Docker worked because it found the right cut. The boundary between what an application needs and what infrastructure provides turned out to be clean enough that you could package one side and let the environment handle the other. That cut leaks sometimes — CPU architecture bleeds through, networking assumptions break — but it was fundamentally correct. Millions of deployments later, it still holds.
GitAgent, an open-source project that launched this month and quickly drew the "Docker for AI agents" comparison, is making a specific bet about where an equivalent seam sits for agents. Its own documentation is unusually honest about what crosses that boundary and what doesn't, which makes it more interesting to examine than most portability claims.
A GitAgent agent lives in a git repo as flat files: a YAML manifest, Markdown documents for personality and constraints, folders for skills and MCP-compatible tool schemas, and a memory/ directory of Markdown files. Run gitagent export and the CLI maps this definition onto LangChain, CrewAI, AutoGen, Claude Code, or OpenAI's Assistants API. The README states plainly what ports: system prompts, persona definitions, constraints, tool schemas, model preferences. And what stays behind: runtime orchestration, live tool execution, memory I/O, iterative loops. Identity travels. Execution stays where it is.

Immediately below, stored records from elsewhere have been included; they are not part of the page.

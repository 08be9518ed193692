//! The plain types of the integration layer: states, commands, events, errors, handles, formats,
//! parameters, and the faults of the program. None of them takes memory.
#![tactic(auto)]

mod command;
mod error;
mod fault;
mod format;
mod handle;
mod kind;
mod limits;
mod param;
mod state;

pub use command::{Command, Completion, Event, Note, PortSel};
pub use error::{CallError, OmxError};
pub use fault::{AuditWhy, Fault, PacketsWhy, PartFault, ScriptWhy, Status, WavFault, Which};
pub use format::Format;
pub use handle::{Handle, PortId};
pub use kind::Kind;
pub use limits::{BLOCK_BYTES, BLOCKS, ONE};
pub use param::{Param, ParamKey, PortDefinition, Supplier, Version};
pub use state::State;
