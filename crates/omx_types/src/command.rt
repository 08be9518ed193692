//! Commands to a component, their completions, a component's events, and the notes queued for a client.

use crate::{Handle, OmxError, State};

/// One port of a component, or all of its ports.
#[derive(Clone, Copy, Debug, PartialEq, Eq)]
pub enum PortSel {
    One(u32),
    All,
}

/// A command to a component (OpenMAX IL 1.1.2, `OMX_COMMANDTYPE`). It is queued, and its end is told by an event.
#[derive(Clone, Copy, Debug, PartialEq, Eq)]
pub enum Command {
    StateSet(State),
    Flush(PortSel),
    PortDisable(PortSel),
    PortEnable(PortSel),
    MarkBuffer {
        port: u32,
        target: Handle,
        value: u64,
    },
}

/// The command that an event tells the end of. The numbers are those of ports.
#[derive(Clone, Copy, Debug, PartialEq, Eq)]
pub enum Completion {
    State(State),
    Flush(u32),
    Disable(u32),
    Enable(u32),
    Mark(u32),
}

/// What a component tells its client (OpenMAX IL 1.1.2, `OMX_EVENTTYPE`).
#[derive(Clone, Copy, Debug, PartialEq, Eq)]
pub enum Event {
    CmdComplete(Completion),
    Error(OmxError),
    Mark(u64),
    PortSettingsChanged(u32),
    BufferFlag { port: u32, flags: u32 },
    ResourcesAcquired,
}

/// What is queued for a client: an event, or a header that comes back to it. The number is the header's.
#[derive(Clone, Copy, Debug, PartialEq, Eq)]
pub enum Note {
    Told(Event),
    EmptyDone(u64),
    FillDone(u64),
}
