//! What the steps of a part with a file come to, one after another.
ghost use Rattle.std.specs.Prelude.{◌≡◌, ℕ, ◌*◌, ◌≤◌, List, ◌++◌, length, take, drop, Option, Some};
ghost use Rattle.std.specs.Io.KnownBytes.{append_known};
ghost use Rattle.std.specs.List.{AllByRecursion};
ghost use Rattle.omx_types.specs.declared.format.Format.{Format};
ghost use Rattle.omx_types.specs.Formats.{IsWithinLimits, frame_bytes_of};
ghost use Rattle.outside_io.specs.Moves.{WhereTold};
ghost use Rattle.part_api.specs.Terms.{Writing};
ghost use Rattle.part_forms.specs.Writing.{written};
ghost use Rattle.audio_parts.specs.WholeFiles.{IsUnwritten, IsOfWholeFrames, KeptAll, Piece, bytes_in, frames_in};
ghost use Rattle.audio_parts.specs.WholeReads.{ReadAll, Remaining, unread};

/// However frames are cut into steps, what these read of a source's file is, joined, the front of what it gives; as soon as
/// no frame is left, it is all frames for which the file came. The call does nothing.
pub fn law_of_reading()
    ensures joined { (before after : Remaining) (pieces : List Piece) → ReadAll before pieces after
        → WhereTold before.rest (λ all. (rest : List ℕ) × (after.rest ≡ Some rest) × (all ≡ bytes_in pieces ++ rest)) }
    ensures whole { (told : Option (List ℕ)) (offset frames : ℕ) (format : Format) (pieces : List Piece) (after : Remaining)
        → AllByRecursion (IsOfWholeFrames format) pieces → ReadAll (unread told offset format frames) pieces after → after.left ≡ 0
        → WhereTold told (λ bytes. bytes_in pieces ≡ take (frames * frame_bytes_of format) (drop offset bytes)) }
{}

/// As soon as all planned frames were given, a sink's file has kept the one file of these behind what it had. The call
/// does nothing.
pub fn law_of_keeping()
    ensures { (before : Writing) (after : Option Writing) (old new : Option (List ℕ)) (pieces : List Piece) → IsUnwritten before
        → AllByRecursion (IsOfWholeFrames before.format) pieces → KeptAll (Some before) old pieces after new
        → IsWithinLimits before.format → 1 ≤ length pieces → before.planned ≤ frames_in pieces
        → new ≡ append_known old (written before.format (take (before.planned * frame_bytes_of before.format) (bytes_in pieces))) }
{}
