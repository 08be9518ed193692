//! The parts of the audio components: what each does with the frames of a step.
#![tactic(auto)]

mod any_file;
mod any_part;
mod any_settings;
mod any_step;
mod coder;
mod effect;
mod file_laws;
mod gain;
mod kind_part;
mod laws;
mod mixer;
mod one_input;
mod part_file;
mod reads;
mod register;
mod sink_file;
mod source_file;
mod splitter;
mod threads;
mod wav_sink;
mod wav_source;
mod writes;

pub use any_part::AnyPart;
pub use coder::{Decoding, Encoding, G711Decoder, G711Encoder};
pub use effect::Effect;
pub use file_laws::{law_of_keeping, law_of_reading};
pub use g711_law::Companding;
pub use gain::{Gain, Gaining};
pub use kind_part::KindPart;
pub use laws::{
    frames_by_format, law_of_padding, law_of_shown, law_of_writing, lawful_terms, shape_by_terms,
    writes_by_writing,
};
pub use mixer::Mixer;
pub use one_input::OneInput;
pub use part_file::PartFile;
pub use reads::read_frames;
pub use sink_file::SinkFile;
pub use source_file::SourceFile;
pub use splitter::{Splitter, Splitting};
pub use wav_sink::WavSink;
pub use wav_source::WavSource;

/// Want of memory.
pub type OutOfMemory = std::alloc::AllocError;
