//! The file of a sink: the frames planned for it, how many are left, and the writing of a step's piece.

ghost use Rattle.std.specs.Prelude.{◌≡◌, ◌-◌, ◌*◌, ◌≤◌, true, false, length, IfErr, OnOk, OnErr};
ghost use Rattle.std.specs.Io.KnownBytes.{append_known};
ghost use Rattle.omx_types.specs.Formats.{IsWithinLimits, frame_bytes_of};
ghost use Rattle.outside_io.specs.Keeping.{KeepsSink};
ghost use Rattle.outside_io.specs.Moves.{AppendsFront};
ghost use Rattle.audio_parts.specs.Causes.{HasWriteCause};
ghost use Rattle.audio_parts.specs.declared.part_file.PartFile.TheVariants.{To};
ghost use Rattle.part_forms.specs.Sinking.{sink_text, is_last_among};

use crate::part_file::PartFile;
use crate::writes::write_step;
use omx_types::{Format, PartFault};
use outside_io::Sink;

/// The file of a sink.
#[derive(Drop)]
pub struct SinkFile<K> {
    pub(crate) sink: K,
    pub(crate) planned: u64,
    /// How many planned frames aren't written.
    pub(crate) left: u64,
    /// The head is written.
    pub(crate) headed: bool,
}

/// Whether the last of the planned frames that are left is among so many.
fn is_last_among(left: u64, frames: u32) -> bool
    ensures { result ≡ is_last_among left frames }
{
    left >= 1 && left <= u64::from(frames)
}

impl<K: Sink> SinkFile<K> {
    pub(crate) fn new(sink: K, planned: u64) -> SinkFile<K>
        ensures { result ≡ record { sink = sink; planned = planned; left = planned; headed = false } }
    {
        SinkFile {
            sink,
            planned,
            left: planned,
            headed: false,
        }
    }

    /// Writes the piece of a step of so many frames. After a fault the file has a front of what it was to take.
    pub(crate) fn write(
        &mut self,
        format: Format,
        piece: &[u8],
        frames: u32,
    ) -> Result<(), PartFault>
        requires lawful { IsWithinLimits format }
        requires small { self.old.planned * frame_bytes_of format ≤ 134217728 }
        requires whole { length piece.now ≡ frames * frame_bytes_of format }
        requires few { length piece.now ≤ 8192 }
        ensures planned { self.new.planned ≡ self.old.planned }
        ensures whole { OnOk result (K.told self.new.sink ≡ append_known (K.told self.old.sink)
            (sink_text self.old.headed format self.old.planned self.old.left frames piece.now)) }
        ensures front { AppendsFront (K.told self.old.sink) (K.told self.new.sink)
            (sink_text self.old.headed format self.old.planned self.old.left frames piece.now) }
        ensures headed { OnOk result (self.new.headed ≡ true) }
        ensures left { OnOk result (self.new.left ≡ self.old.left - frames) }
        ensures kept { OnErr result ((self.new.headed ≡ self.old.headed) × (self.new.left ≡ self.old.left)) }
        ensures keeps_sink { KeepsSink K.Sink self.old.sink self.new.sink }
        ensures cause { IfErr result (HasWriteCause (K.faults self.old.sink) (K.faults self.new.sink)) }
    {
        let count = u64::from(frames).min(self.left);
        let length = (count * u64::from(format.frame_bytes())) as usize;
        let is_last = is_last_among(self.left, frames);
        write_step(
            &mut self.sink,
            self.headed,
            format,
            self.planned,
            &piece[..length],
            is_last,
        )?;
        self.headed = true;
        self.left -= count;
        Ok(())
    }

    /// With the frames for which it came.
    pub(crate) fn into_part_file<S>(self) -> PartFile<S, K>
        ensures { result ≡ To self.sink self.planned }
    {
        PartFile::To {
            snk: self.sink,
            frames: self.planned,
        }
    }
}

The memory/ directory is where things get concrete. Storing agent state as Markdown means it's searchable, diffable, and reversible with git revert. As an audit artifact, genuinely useful. But the creator acknowledged on Product Hunt:
"Context management is generally handled by the agent framework."
And the target frameworks handle memory in structurally incompatible ways. LangGraph maintains a central state object with checkpointing and reducer logic. CrewAI persists state through task outputs. AutoGen is conversational and event-driven. OpenAI uses vector stores and durable threads. Claude Code accumulates learnings through its own memory system. A Markdown file can snapshot what an agent knew, but how an agent retrieves, updates, or reasons over that knowledge at runtime lives entirely outside the file's reach.

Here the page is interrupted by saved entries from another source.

//! The file of a part of any kind.
ghost use Rattle.std.specs.Prelude.{◌≡◌, ◌*◌, false, None, Some, option_copied, option_map, is_some, IfSome, MatchOption};
ghost use Rattle.std.specs.List.{AllByRecursion};
ghost use Rattle.omx_types.specs.Formats.{frame_bytes_of};
ghost use Rattle.audio_parts.specs.AnyParts.{MayAttach, OnFrom, OnTo, attached_of, file_of, read_of, sink_of, written_of};
ghost use Rattle.part_forms.specs.Files.{rest_of};
ghost use Rattle.part_forms.specs.Kinds.{is_source};
ghost use Rattle.audio_parts.specs.Kinds.{with_file};
ghost use Rattle.part_forms.specs.Sinking.{fresh};

use crate::any_part::AnyPart;
use crate::part_file::PartFile;
use outside_io::{Sink, Source};
use part_api::Part;

impl<S: Source, K: Sink> AnyPart<S, K> {
    /// Gives a source the file that it reads, from where that stands, or a sink the file that it writes. A step that was
    /// begun is given up.
    pub fn attach(&mut self, file: PartFile<S, K>)
        requires free { (⟦<AnyPart<S, K> as Part>⟧.terms self.old).file ≡ None }
        requires may { MayAttach S.offset S.size (⟦<AnyPart<S, K> as Part>⟧.terms self.old).kind file }
        ensures terms { ⟦<AnyPart<S, K> as Part>⟧.terms self.new ≡ with_file (⟦<AnyPart<S, K> as Part>⟧.terms self.old) (Some (attached_of file)) }
        ensures failed { ⟦<AnyPart<S, K> as Part>⟧.failed self.new ≡ ⟦<AnyPart<S, K> as Part>⟧.failed self.old }
        ensures file { file_of self.new ≡ Some file }
        ensures read { OnFrom file (λ src format frames. read_of self.new ≡ Some (record { source = src; format = format; attached = frames; left = frames; next = S.offset src })) }
        ensures written { OnTo file (λ snk frames. written_of self.new ≡ Some (record { sink = snk; planned = frames; left = frames; headed = false })) }
        ensures left { OnFrom file (λ src format frames. ⟦<AnyPart<S, K> as Part>⟧.left self.new ≡ Some frames) }
        ensures rest { OnFrom file (λ src format frames. ⟦<AnyPart<S, K> as Part>⟧.rest self.new ≡ rest_of (S.told src) (S.offset src) (frames * frame_bytes_of format)) }
        ensures kept { OnTo file (λ snk frames. ⟦<AnyPart<S, K> as Part>⟧.kept self.new ≡ K.told snk) }
        ensures written_anew { OnTo file (λ snk frames. MatchOption (⟦<AnyPart<S, K> as Part>⟧.writing self.new) ⊥ (λ w. w ≡ fresh (K.name snk) w.format frames)) }
        ensures writing { OnTo file (λ snk frames. AllByRecursion (λ port. ⟦<AnyPart<S, K> as Part>⟧.writing self.new ≡ Some (fresh (K.name snk) port frames)) (⟦<AnyPart<S, K> as Part>⟧.terms self.old).inputs) }
    {
        match file {
            PartFile::From {
                src,
                format,
                frames,
            } => match self {
                AnyPart::Source(part) => part.attach(src, format, frames),
                _ => unreachable!(),
            },
            PartFile::To { snk, frames } => match self {
                AnyPart::Sink(part) => part.attach(snk, frames),
                _ => unreachable!(),
            },
        }
    }

    /// Takes its file away, with the frames for which that came. A step that was begun is given up.
    pub fn detach(&mut self) -> Option<PartFile<S, K>>
        ensures file { result ≡ file_of self.old }
        ensures attached { option_map attached_of result ≡ (⟦<AnyPart<S, K> as Part>⟧.terms self.old).file }
        ensures none { file_of self.new ≡ None }
        ensures unread { read_of self.new ≡ None }
        ensures unwritten { written_of self.new ≡ None }
        ensures terms { ⟦<AnyPart<S, K> as Part>⟧.terms self.new ≡ with_file (⟦<AnyPart<S, K> as Part>⟧.terms self.old) None }
        ensures failed { ⟦<AnyPart<S, K> as Part>⟧.failed self.new ≡ ⟦<AnyPart<S, K> as Part>⟧.failed self.old }
        ensures left { ⟦<AnyPart<S, K> as Part>⟧.left self.new ≡ option_map (λ frames. 0) (⟦<AnyPart<S, K> as Part>⟧.left self.old) }
        ensures kept { ⟦<AnyPart<S, K> as Part>⟧.kept self.new ≡ None }
        ensures writing { ⟦<AnyPart<S, K> as Part>⟧.writing self.new ≡ None }
    {
        match self {
            AnyPart::Source(part) => match part.detach() {
                Some(file) => Some(file.into_part_file()),
                None => None,
            },
            AnyPart::Sink(part) => match part.detach() {
                Some(file) => Some(file.into_part_file()),
                None => None,
            },
            _ => None,
        }
    }

    /// Its file, at its end.
    pub fn into_file(self) -> Option<PartFile<S, K>>
        ensures { result ≡ file_of self }
    {
        match self {
            AnyPart::Source(part) => match part.into_file() {
                Some(file) => Some(file.into_part_file()),
                None => None,
            },
            AnyPart::Sink(part) => match part.into_file() {
                Some(file) => Some(file.into_part_file()),
                None => None,
            },
            AnyPart::Decoder(_) | AnyPart::Encoder(_) => None,
            AnyPart::Gain(_) | AnyPart::Mixer(_) | AnyPart::Splitter(_) => None,
        }
    }

    /// The sink that a sink's part writes to, where it has a file.
    pub fn sink(&self) -> Option<&K>
        ensures sink { option_copied result ≡ sink_of self.now }
        ensures kept { IfSome (sink_of self.now) (λ snk. ⟦<AnyPart<S, K> as Part>⟧.kept self.now ≡ K.told snk) }
    {
        match self {
            AnyPart::Sink(part) => part.sink(),
            _ => None,
        }
    }

    /// The frames of its file that a source hasn't given yet.
    pub fn left(&self) -> Option<u64>
        ensures value { result ≡ ⟦<AnyPart<S, K> as Part>⟧.left self.now }
        ensures some { is_some result ≡ is_source (⟦<AnyPart<S, K> as Part>⟧.terms self.now).kind }
        ensures empty { (⟦<AnyPart<S, K> as Part>⟧.terms self.now).file ≡ None → IfSome result (λ frames. frames ≡ 0) }
    {
        match self {
            AnyPart::Source(part) => Some(part.left()),
            _ => None,
        }
    }
}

Orchestration runs into the same friction. LangGraph models workflows as directed graphs with conditional branching. CrewAI uses a two-layer architecture of Crews and Flows. AutoGen prefers conversational orchestration. Practitioners report that even the most common migration path, CrewAI to LangGraph, requires remapping agents to graph nodes and converting process flows to explicit edges. That structural transformation resists packaging into a manifest.
GitAgent can create a branch and pull request when an agent updates its memory or acquires a new skill. This is cleverer than it first appears. Organizations already have muscle memory for code review. Developers know how to read diffs, comment on changes, approve or reject. Repurposing that existing workflow for agent oversight means no new dashboard to learn, no unfamiliar approval interface. Identity review through diffs works well here. Execution behavior is harder to capture this way. Outcomes emerge from the interaction between orchestration logic, live memory, and tool-calling patterns, and a diff of Markdown files shows the shadow of what changed.

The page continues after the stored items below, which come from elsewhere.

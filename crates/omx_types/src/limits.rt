//! Numbers to which several crates keep.

/// The blocks of a graph. A play has at most so many headers.
pub const BLOCKS: u32 = 1024;

/// The bytes of a block, and the most bytes of a header.
pub const BLOCK_BYTES: u32 = 4096;

/// The factor of one, for a gain and for weights: they count in 4096ths.
pub const ONE: u32 = 4096;
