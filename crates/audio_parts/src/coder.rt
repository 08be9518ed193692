//! The two compandings of G.711, code by code.
ghost use Rattle.std.specs.Prelude.{◌≡◌, ◌*◌, [], ◌∷◌, length, None};
ghost use Rattle.omx_types.specs.declared.kind.Kind.TheVariants as kinds;
ghost use Rattle.part_forms.specs.Effects.{decoded, encoded, companding_of, coder_kind};
ghost use Rattle.part_forms.specs.Manners.{decoding, encoding};

use crate::effect::Effect;
use crate::one_input::OneInput;
use g711_law::{Companding, alaw_decode_all, alaw_encode_all, mulaw_decode_all, mulaw_encode_all};
use omx_types::Format;

/// The companding of coded samples.
fn companding_of(format: Format) -> Companding
    ensures { result ≡ companding_of format }
{
    match format {
        Format::Mulaw {
            rate: _,
            channels: _,
        } => Companding::MuLaw,
        _ => Companding::ALaw,
    }
}

/// The bytes of the sample that each code stands for.
fn decode(companding: Companding, from: &[u8], to: &mut [u8])
    requires { length to.old ≡ 2 * length from.now }
    ensures { to.new ≡ decoded companding from.now }
{
    match companding {
        Companding::ALaw => alaw_decode_all(from, to),
        Companding::MuLaw => mulaw_decode_all(from, to),
    }
}

/// The code of each sample.
fn encode(companding: Companding, from: &[u8], to: &mut [u8])
    requires { length from.now ≡ 2 * length to.old }
    ensures { to.new ≡ encoded companding from.now }
{
    match companding {
        Companding::ALaw => alaw_encode_all(from, to),
        Companding::MuLaw => mulaw_encode_all(from, to),
    }
}

/// The part of a decoder.
pub type G711Decoder = OneInput<Decoding>;

/// The part of an encoder.
pub type G711Encoder = OneInput<Encoding>;

/// The sample that each code stands for.
#[derive(Drop)]
pub struct Decoding {
    pub(crate) input: Format,
    pub(crate) output: Format,
}

/// The code of each sample.
#[derive(Drop)]
pub struct Encoding {
    companding: Companding,
    pub(crate) input: Format,
    pub(crate) output: Format,
}

impl Decoding {
    pub(crate) fn new(input: Format, output: Format) -> Decoding
        ensures { result ≡ record { input = input; output = output } }
    {
        Decoding { input, output }
    }
}

impl Encoding {
    pub(crate) fn new(companding: Companding, input: Format, output: Format) -> Encoding
        ensures { result ≡ record { companding = companding; input = input; output = output } }
    {
        Encoding {
            companding,
            input,
            output,
        }
    }
}

impl Effect for Decoding {
    ghost manner = { λ it. decoding it.input };

    ghost terms = { λ it. record { kind = kinds.Decoder; inputs = it.input ∷ []; outputs = it.output ∷ []; factors = []; file = None } };

    fn channels(&self) -> u32 {
        self.input.channels()
    }

    fn input_width(&self) -> usize {
        1
    }

    fn output_width(&self) -> usize {
        2
    }

    fn apply(&mut self, count: usize, from: &[u8], to: &mut [u8]) {
        decode(companding_of(self.input), from, to);
    }

    fn set_format(&mut self, port: u32, format: Format) {
        match port {
            0 => self.input = format,
            _ => self.output = format,
        }
    }

    fn joins(&self) {}
}

impl Effect for Encoding {
    ghost manner = { λ it. encoding it.companding it.input };

    ghost terms = { λ it. record { kind = coder_kind it.companding; inputs = it.input ∷ []; outputs = it.output ∷ []; factors = []; file = None } };

    fn channels(&self) -> u32 {
        self.input.channels()
    }

    fn input_width(&self) -> usize {
        2
    }

    fn output_width(&self) -> usize {
        1
    }

    fn apply(&mut self, count: usize, from: &[u8], to: &mut [u8]) {
        encode(self.companding, from, to);
    }

    fn set_format(&mut self, port: u32, format: Format) {
        match port {
            0 => self.input = format,
            _ => self.output = format,
        }
    }

    fn joins(&self) {}
}
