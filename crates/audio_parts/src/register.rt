//! The register of a part: the bytes that came into one step.
ghost use Rattle.std.specs.Prelude.{◌≡◌, ◌≤◌, true, false, length, take, replicate, vec_len, IfOk};
ghost use Rattle.audio_parts.specs.Registers.{front_of};

use crate::OutOfMemory;
use std::alloc::Global;

/// The bytes that came into one step. As long as nothing came they count as zeros, and are those of
/// an earlier step.
#[derive(Drop)]
pub(crate) struct Register {
    pub(crate) bytes: Vec<u8>,
    /// Nothing came in this step.
    pub(crate) silent: bool,
    ghost room: { vec_len bytes ≡ 8192 },
}

impl Register {
    /// Nothing came yet.
    pub(crate) fn new(alloc: Global) -> Result<Register, OutOfMemory>
        ensures { IfOk result (λ register. register.silent ≡ true) }
    {
        Ok(Register {
            bytes: vec![in alloc; 0; 8192]?,
            silent: true,
        })
    }

    /// A step begins, into which nothing came.
    pub(crate) fn begin(&mut self)
        ensures { self.new.silent ≡ true }
    {
        self.silent = true;
    }

    /// Writes a piece of so many bytes to the front.
    pub(crate) fn set(&mut self, piece: &[u8], count: usize)
        requires piece { length piece.now ≡ count }
        requires room { count ≤ 8192 }
        ensures { front_of self.new.silent count self.new.bytes.items ≡ piece.now }
    {
        set_front(&mut self.bytes, piece, count);
        self.silent = false;
    }

    /// The front of so many bytes is written, with zeros if nothing came.
    pub(crate) fn settle(&mut self, count: usize)
        requires { count ≤ 8192 }
        ensures front { take count self.new.bytes.items ≡ front_of self.old.silent count self.old.bytes.items }
        ensures settled { self.new.silent ≡ false }
    {
        if self.silent {
            clear_front(&mut self.bytes, count);
            self.silent = false;
        }
    }
}

/// Sets the front to zeros.
fn clear_front(register: &mut [u8], count: usize)
    requires { count ≤ length register.old }
    ensures { take count register.new ≡ replicate count 0 }
{
    register[..count].fill(0);
}

/// Writes a piece of so many bytes to the front.
fn set_front(register: &mut [u8], piece: &[u8], count: usize)
    requires piece { length piece.now ≡ count }
    requires room { count ≤ length register.old }
    ensures { take count register.new ≡ piece.now }
{
    register[..count].copy_from_slice(piece);
}
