//! The part of a splitter: each output is a copy of the input.

ghost use Rattle.std.specs.Prelude.{◌≡◌, [], ◌∷◌, vec_len, None};
ghost use Rattle.omx_types.specs.declared.kind.Kind.TheVariants as kinds;
ghost use Rattle.part_forms.specs.Effects.{width_of};
ghost use Rattle.part_forms.specs.Manners.{splitting};

use crate::effect::Effect;
use crate::one_input::OneInput;
use omx_types::Format;
use pcm_ops::copy_into;

/// The part of a splitter.
pub type Splitter = OneInput<Splitting>;

/// The input as it is, on each output.
#[derive(Drop)]
pub struct Splitting {
    pub(crate) input: Format,
    pub(crate) outputs: Vec<Format>,
}

impl Splitting {
    pub(crate) fn new(input: Format, outputs: Vec<Format>) -> Splitting
        ensures { result ≡ record { input = input; outputs = outputs } }
    {
        Splitting { input, outputs }
    }
}

/// The bytes of a sample.
fn width(format: Format) -> usize
    ensures { result ≡ width_of format }
{
    match format {
        Format::Pcm {
            rate: _,
            channels: _,
        } => 2,
        _ => 1,
    }
}

impl Effect for Splitting {
    ghost manner = { λ it. splitting (vec_len it.outputs) it.input };

    ghost terms = { λ it. record { kind = kinds.Splitter (vec_len it.outputs); inputs = it.input ∷ []; outputs = it.outputs.items; factors = []; file = None } };

    fn channels(&self) -> u32 {
        self.input.channels()
    }

    fn input_width(&self) -> usize {
        width(self.input)
    }

    fn output_width(&self) -> usize {
        width(self.input)
    }

    fn apply(&mut self, count: usize, from: &[u8], to: &mut [u8]) {
        copy_into(from, to);
    }

    fn set_format(&mut self, port: u32, format: Format) {
        match port {
            0 => self.input = format,
            _ => self.outputs[port as usize - 1] = format,
        }
    }

    fn joins(&self) {}
}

Identity crosses framework boundaries cleanly. Execution carries too much framework-specific structure to follow.
So what doesn't survive the trip across frameworks? These frameworks implement execution differently because they start from different theories about what agent cognition looks like: graph traversal in LangGraph, role delegation in CrewAI, conversational reasoning in AutoGen. The ecosystem may not converge on those questions. It might be a genuine plurality, five different answers to what thinking looks like when software does it.
GitAgent found a real seam. Whether it holds as agents grow more stateful, as the distance between what an agent knows and how it acts on that knowledge widens, is something the tool's own architecture makes visible, even if it can't resolve it yet.
Things to follow up on...
- MCP's enterprise readiness gap: The 2026 MCP roadmap names enterprise readiness as a top priority, but the Enterprise Working Group doesn't exist yet, and the items on the list are pre-RFC.
- Framework convergence toward graphs: Multiple framework comparisons note a trend toward graph-based orchestration across CrewAI, AutoGen, and others, which could narrow the execution-layer gap that makes agent portability hard.
- Agent silos at scale: A Salesforce/MuleSoft survey found that 50% of enterprise agents operate in isolation rather than as part of multi-agent systems, making the question of how agent definitions move between environments increasingly practical.
- AutoGen's uncertain future: Microsoft has shifted AutoGen toward maintenance mode in favor of its broader Agent Framework, which raises questions about the longevity of one of GitAgent's five export targets.